**Data provided**
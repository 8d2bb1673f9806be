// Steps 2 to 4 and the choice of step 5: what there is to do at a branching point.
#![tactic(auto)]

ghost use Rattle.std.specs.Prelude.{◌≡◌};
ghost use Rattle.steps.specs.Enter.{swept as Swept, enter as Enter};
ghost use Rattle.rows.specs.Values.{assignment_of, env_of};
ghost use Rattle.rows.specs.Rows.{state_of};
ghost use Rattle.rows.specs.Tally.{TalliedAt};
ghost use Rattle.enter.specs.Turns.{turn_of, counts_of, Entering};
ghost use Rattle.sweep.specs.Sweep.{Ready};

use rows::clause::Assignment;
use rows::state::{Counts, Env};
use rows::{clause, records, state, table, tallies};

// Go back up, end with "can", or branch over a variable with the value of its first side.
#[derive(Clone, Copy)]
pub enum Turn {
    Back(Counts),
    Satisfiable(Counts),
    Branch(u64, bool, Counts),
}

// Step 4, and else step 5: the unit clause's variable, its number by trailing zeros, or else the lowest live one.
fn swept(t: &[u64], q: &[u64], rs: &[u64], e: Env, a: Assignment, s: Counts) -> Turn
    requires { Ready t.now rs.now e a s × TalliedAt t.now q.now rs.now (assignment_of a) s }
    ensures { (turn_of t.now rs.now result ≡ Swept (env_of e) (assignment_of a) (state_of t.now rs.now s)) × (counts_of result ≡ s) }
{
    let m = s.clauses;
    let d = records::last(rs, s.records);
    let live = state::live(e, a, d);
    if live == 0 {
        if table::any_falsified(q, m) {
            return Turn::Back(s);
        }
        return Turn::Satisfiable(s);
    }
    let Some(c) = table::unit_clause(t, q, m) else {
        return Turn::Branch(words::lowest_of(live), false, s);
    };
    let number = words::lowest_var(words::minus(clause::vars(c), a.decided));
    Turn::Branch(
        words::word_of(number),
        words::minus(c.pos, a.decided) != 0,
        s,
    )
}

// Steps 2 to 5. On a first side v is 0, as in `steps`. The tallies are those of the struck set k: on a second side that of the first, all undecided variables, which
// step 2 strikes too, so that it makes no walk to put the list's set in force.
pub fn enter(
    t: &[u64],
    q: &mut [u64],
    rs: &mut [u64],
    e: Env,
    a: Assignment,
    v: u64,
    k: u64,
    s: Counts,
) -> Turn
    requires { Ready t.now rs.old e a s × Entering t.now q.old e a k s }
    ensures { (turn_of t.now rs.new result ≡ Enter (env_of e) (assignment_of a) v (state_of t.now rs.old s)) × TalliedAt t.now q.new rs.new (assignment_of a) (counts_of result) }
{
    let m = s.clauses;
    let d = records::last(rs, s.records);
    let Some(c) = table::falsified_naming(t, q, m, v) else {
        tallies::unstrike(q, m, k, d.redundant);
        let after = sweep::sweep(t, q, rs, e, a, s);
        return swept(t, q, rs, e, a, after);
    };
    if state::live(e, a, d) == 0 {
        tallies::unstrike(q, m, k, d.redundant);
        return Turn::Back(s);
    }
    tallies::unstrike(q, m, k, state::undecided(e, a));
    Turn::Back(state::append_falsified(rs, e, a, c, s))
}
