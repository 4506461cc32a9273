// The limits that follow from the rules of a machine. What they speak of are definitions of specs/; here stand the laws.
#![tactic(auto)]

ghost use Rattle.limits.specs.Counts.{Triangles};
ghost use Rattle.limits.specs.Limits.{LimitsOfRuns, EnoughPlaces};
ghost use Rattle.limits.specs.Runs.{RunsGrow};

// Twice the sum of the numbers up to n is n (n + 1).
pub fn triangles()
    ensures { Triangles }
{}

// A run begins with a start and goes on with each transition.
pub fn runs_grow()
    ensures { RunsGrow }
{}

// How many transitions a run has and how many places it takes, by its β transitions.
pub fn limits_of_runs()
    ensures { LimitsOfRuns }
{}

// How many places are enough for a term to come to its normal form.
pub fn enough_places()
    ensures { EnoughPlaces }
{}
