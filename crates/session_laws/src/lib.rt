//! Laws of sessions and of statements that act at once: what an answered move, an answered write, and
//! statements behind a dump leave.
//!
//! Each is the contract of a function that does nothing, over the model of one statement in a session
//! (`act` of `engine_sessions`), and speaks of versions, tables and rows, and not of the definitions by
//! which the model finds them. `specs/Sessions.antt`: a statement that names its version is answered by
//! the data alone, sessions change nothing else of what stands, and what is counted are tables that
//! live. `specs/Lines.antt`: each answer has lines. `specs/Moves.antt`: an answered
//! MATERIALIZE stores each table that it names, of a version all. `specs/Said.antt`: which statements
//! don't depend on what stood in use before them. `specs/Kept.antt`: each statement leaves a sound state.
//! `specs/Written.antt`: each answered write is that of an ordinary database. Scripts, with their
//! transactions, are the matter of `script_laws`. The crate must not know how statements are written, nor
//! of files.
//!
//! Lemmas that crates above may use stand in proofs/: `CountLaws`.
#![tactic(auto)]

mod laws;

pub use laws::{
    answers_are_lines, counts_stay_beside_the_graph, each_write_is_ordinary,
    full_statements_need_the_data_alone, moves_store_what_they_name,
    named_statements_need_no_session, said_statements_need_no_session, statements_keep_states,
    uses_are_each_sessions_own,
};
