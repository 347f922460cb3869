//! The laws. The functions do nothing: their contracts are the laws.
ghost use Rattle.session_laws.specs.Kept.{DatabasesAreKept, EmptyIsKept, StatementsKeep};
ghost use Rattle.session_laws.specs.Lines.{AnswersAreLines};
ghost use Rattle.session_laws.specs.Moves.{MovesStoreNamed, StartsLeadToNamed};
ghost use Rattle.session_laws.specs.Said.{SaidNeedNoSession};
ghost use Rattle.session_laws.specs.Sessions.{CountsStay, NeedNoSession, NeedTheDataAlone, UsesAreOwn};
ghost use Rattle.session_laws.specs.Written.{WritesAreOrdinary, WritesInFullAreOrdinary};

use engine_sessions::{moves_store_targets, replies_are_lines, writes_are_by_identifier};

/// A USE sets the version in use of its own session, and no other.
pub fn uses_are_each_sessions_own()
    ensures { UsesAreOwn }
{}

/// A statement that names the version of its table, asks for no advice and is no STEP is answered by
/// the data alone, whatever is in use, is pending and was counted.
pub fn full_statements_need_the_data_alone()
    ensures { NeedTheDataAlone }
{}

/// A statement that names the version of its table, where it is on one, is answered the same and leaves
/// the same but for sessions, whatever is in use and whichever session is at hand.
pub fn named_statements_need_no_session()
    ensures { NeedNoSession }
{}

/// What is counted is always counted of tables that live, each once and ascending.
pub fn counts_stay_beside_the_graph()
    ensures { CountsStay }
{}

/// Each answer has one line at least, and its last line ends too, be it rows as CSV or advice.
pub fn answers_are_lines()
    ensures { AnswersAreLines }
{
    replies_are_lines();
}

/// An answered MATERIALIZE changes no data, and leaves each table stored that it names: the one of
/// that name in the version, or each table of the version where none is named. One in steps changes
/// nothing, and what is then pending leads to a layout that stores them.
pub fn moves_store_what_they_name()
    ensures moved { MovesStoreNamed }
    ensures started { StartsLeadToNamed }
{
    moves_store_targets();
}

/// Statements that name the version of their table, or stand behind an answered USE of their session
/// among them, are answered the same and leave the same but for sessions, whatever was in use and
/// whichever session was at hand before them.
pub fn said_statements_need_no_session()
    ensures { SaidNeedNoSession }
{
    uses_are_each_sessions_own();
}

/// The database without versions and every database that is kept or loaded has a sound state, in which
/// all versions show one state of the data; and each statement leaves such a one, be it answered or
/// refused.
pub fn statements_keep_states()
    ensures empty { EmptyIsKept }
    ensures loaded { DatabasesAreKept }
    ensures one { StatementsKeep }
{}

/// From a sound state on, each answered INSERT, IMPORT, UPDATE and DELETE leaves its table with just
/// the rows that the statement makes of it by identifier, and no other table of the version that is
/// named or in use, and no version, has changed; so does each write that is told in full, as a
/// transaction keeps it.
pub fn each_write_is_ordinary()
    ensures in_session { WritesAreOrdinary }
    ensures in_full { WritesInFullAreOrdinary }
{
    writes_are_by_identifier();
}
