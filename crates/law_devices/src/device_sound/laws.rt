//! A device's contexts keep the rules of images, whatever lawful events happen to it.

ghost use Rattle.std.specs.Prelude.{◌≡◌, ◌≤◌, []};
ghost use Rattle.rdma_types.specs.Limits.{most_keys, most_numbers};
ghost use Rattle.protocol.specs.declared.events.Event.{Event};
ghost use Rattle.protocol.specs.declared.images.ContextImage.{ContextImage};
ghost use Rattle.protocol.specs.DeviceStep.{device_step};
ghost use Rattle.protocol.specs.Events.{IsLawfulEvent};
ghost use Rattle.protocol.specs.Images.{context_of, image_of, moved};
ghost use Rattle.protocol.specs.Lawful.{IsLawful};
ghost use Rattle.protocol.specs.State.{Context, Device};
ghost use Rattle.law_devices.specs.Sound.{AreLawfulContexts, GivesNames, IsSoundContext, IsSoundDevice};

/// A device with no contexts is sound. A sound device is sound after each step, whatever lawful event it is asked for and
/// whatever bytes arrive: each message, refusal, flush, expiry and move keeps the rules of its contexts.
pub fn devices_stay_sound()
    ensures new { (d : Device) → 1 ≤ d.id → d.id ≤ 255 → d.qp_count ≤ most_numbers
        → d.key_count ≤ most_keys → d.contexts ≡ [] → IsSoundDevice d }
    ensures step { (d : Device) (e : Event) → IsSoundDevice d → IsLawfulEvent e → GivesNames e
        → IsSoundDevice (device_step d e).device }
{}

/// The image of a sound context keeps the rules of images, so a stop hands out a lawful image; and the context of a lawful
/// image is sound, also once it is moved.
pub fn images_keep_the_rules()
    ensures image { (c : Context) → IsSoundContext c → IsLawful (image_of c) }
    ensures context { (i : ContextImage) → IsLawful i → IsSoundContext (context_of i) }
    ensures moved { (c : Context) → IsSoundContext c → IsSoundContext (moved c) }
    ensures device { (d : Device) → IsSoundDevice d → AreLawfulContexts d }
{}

**What needs to be done**
Please say how many lines of the listing hold the string "StartsLeadToNamed", answering with the number alone.

**Solved exercise**
2